Managing Beneficiary Funds
Fiduciaries are required to ensure all of the beneficiary’s bills are managed appropriately and paid in a timely manner. Additionally, the fiduciary is responsible for paying the beneficiary’s income taxes, when applicable, collecting any rent or unpaid debts on behalf of the beneficiary, and getting insurance if needed. The fiduciary must manage and place beneficiary funds in reasonable, safe investments, protect the funds from creditors and any loss, and provide additional protection when required by VA. All funds must be kept in separate financial accounts on behalf of a beneficiary. See the VA Fiduciary Guide for more information.
Rights of the Beneficiary
Beneficiaries in VA’s fiduciary program have certain rights including but not limited to; notification when VA appoints a fiduciary and to appeal that appointment to the Board of Veterans’ Appeals. The beneficiary may also request that VA replace his or her fiduciary.
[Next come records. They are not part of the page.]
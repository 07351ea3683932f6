// One reading: a telegram gives what a result starts from, and that gives the result, the error, the analog code, the drive, and where a half decided.
// Uses `settings` for the table, and `ssi`, `roundloop`, `measurement` and `analog`, which it hands the settings to.
#![tactic(auto)]

ghost use Rattle.std.specs.Prelude.{◌≡◌, ◌≤◌, ◌<◌, ◌^◌};
ghost use Rattle.parameters.specs.Valid.{Valid};
ghost use Rattle.measurement.specs.Sound as measurement;
ghost use Rattle.ssi.specs.Sound.{Sound};
ghost use Rattle.ssi.specs.Telegram.{modulus};
ghost use Rattle.reading.specs.Follow.{count_after, held_of, basis_after};
ghost use Rattle.reading.specs.Reading.{accepts_of, code_at, coded_at, drive_at, halves, no_halves, mark, halves_number, in_scaling, in_linearization, in_analog, marks_of, marked_of};
ghost use Rattle.reading.specs.ReadingWay.{basis_by, marked_by};

use analog::{Coded, Drive};
use measurement::{Error, Measured, Measurement, Scaling};
use settings::Span;
use ssi::Layout;

// What a result starts from.
#[derive(Clone, Copy)]
pub struct Basis {
    // What the offset is subtracted from: the position after direction, with a round loop the count.
    pub start: u32,
    // The position after direction that the count was last counted from.
    pub last: u32,
    // Whether the telegram's error bit stands at its error level.
    pub reported: bool,
    // Whether there is a count.
    pub counted: bool,
}

// What a telegram reads as.
#[derive(Clone, Copy)]
pub struct Reading {
    // The result, 0 under an error.
    pub result: i32,
    pub error: Option<Error>,
    // The analog code of the result.
    pub code: i32,
    // The drive of the code, off under an error.
    pub drive: Drive,
}

// Where a half decided.
// Kept: one byte, since three bools are copied slowly on the way of a telegram, and hold fewer values.
#[derive(Clone, Copy, Debug, PartialEq, Eq)]
pub struct Halves {
    // 1 for scaling, 2 for linearization, 4 for the code before it is held, added.
    pub number: u8,
}

impl Halves {
    // Whether one decided in scaling.
    pub fn scaling(self) -> bool
        ensures { result ≡ in_scaling self.number }
    {
        self.number % 2 == 1
    }

    // Whether one decided in linearization.
    pub fn linearization(self) -> bool
        ensures { result ≡ in_linearization self.number }
    {
        self.number / 2 % 2 == 1
    }

    // Whether one decided in the analog code.
    pub fn analog(self) -> bool
        ensures { result ≡ in_analog self.number }
    {
        self.number / 4 % 2 == 1
    }
}

// A reading with its marks.
#[derive(Clone, Copy)]
pub struct Marked {
    pub reading: Reading,
    pub halves: Halves,
}

// Whether a telegram has no bit set above bit N.
pub fn accepts(t: &[i32; 104], telegram: u32) -> bool
    requires { Valid t.now }
    ensures { result ≡ accepts_of t.now telegram }
{
    ssi::accepts(settings::layout(t), telegram)
}

// With a round loop, a telegram under error 3: the count stays, and where it was last counted from.
fn held(b: Basis) -> Basis
    ensures { result ≡ held_of b }
{
    let mut n = b;
    n.reported = true;
    n
}

// The count after one more position.
fn count_after(r: u32, width: u32, b: Basis, p: u32) -> u32
    requires { (1 ≤ r) × (width ≤ 32) }
    ensures { result ≡ count_after r (2 ^ width) b p }
{
    if b.counted {
        return roundloop::counted(width, r, b.start, b.last, p);
    }
    roundloop::first(r, p)
}

// What a result starts from, behind what the telegram before left, by the position and whether the error bit reports.
pub fn basis_by(l: Layout, reverse: u32, r: u32, b: Basis, p: u32, reported: bool) -> Basis
    requires { Sound l × (p < modulus l) }
    ensures { result ≡ basis_by l reverse r b p reported }
{
    let width = ssi::width(l);
    let start = measurement::directed(reverse, width, p);
    if r == 0 {
        return Basis {
            start,
            last: 0,
            reported,
            counted: false,
        };
    }
    if reported {
        return held(b);
    }
    Basis {
        start: count_after(r, width, b, start),
        last: start,
        reported: false,
        counted: true,
    }
}

// The same of an accepted telegram.
pub fn basis_after(t: &[i32; 104], b: Basis, telegram: u32) -> Basis
    requires { Valid t.now }
    ensures { result ≡ basis_after t.now b telegram }
{
    let l = settings::layout(t);
    let p = ssi::position(l, telegram);
    let reported = ssi::error_reported(l, telegram);
    basis_by(
        l,
        settings::direction(t),
        settings::round_loop(t),
        b,
        p,
        reported,
    )
}

// The analog code of a measured result, with its mark.
fn code_of(a: Span, m: Measured) -> Coded
    ensures { result ≡ coded_at a m }
{
    analog::code(a.format, a.start, a.end, m.result)
}

// The drive of a measured result with its code: off under an error.
fn driven(a: Span, m: Measured, code: i32) -> Drive
    requires { code ≡ code_at a m }
    ensures { result ≡ drive_at a m }
{
    if m.error.is_none() {
        return analog::drive_of(a.format, code);
    }
    Drive::Off
}

// No half decided.
pub fn no_halves() -> Halves
    ensures { result ≡ no_halves }
{
    Halves { number: 0 }
}

// A mark's worth, or 0.
fn mark(half: bool, worth: u8) -> u8
    ensures { result ≡ mark half worth }
{
    if half {
        return worth;
    }
    0
}

// The three marks in one number.
fn added(scaling: bool, linearization: bool, analog: bool) -> u8
    ensures { result ≡ halves_number (halves scaling linearization analog) }
{
    mark(scaling, 1) + mark(linearization, 2) + mark(analog, 4)
}

// The marks as one number.
pub fn halves_number(h: Halves) -> u8
    ensures { result ≡ halves_number h }
{
    h.number
}

// The marks of a reading, with that of its code: none under an error.
fn marks(x: Measurement, analog: bool) -> Halves
    ensures { result ≡ marks_of x analog }
{
    if x.measured.error.is_none() {
        return Halves {
            number: added(x.scaling, x.linearization, analog),
        };
    }
    no_halves()
}

// Result, error, code and drive of what a result starts from, and where a half decided, by the settings.
pub fn read_by(s: Scaling, points: &[i32], a: Span, b: Basis) -> Marked
    requires { measurement.Sound s points.now }
    ensures { result ≡ marked_by s points.now a b }
{
    let x = measurement::measure(s, points, b.start, b.reported);
    let m = x.measured;
    let c = code_of(a, m);
    let drive = driven(a, m, c.code);
    let halves = marks(x, c.half);
    let error = m.error;
    let reading = Reading {
        result: m.result,
        error,
        code: c.code,
        drive,
    };
    Marked { reading, halves }
}

// The same under a table.
pub fn read(t: &[i32; 104], b: Basis) -> Marked
    requires { Valid t.now }
    ensures { result ≡ marked_of t.now b }
{
    read_by(
        settings::scaling(t),
        settings::points(t),
        settings::analog_span(t),
        b,
    )
}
The beneficiary has a right to the fiduciary’s name and current contact information and to contact the fiduciary to request funds, account balance information, a copies the fiduciary’s VA-approved accounting, and other information or assistance consistent with the responsibilities of a fiduciary. Lastly, the beneficiary has a right to request removal from the fiduciary program and direct payment of VA funds.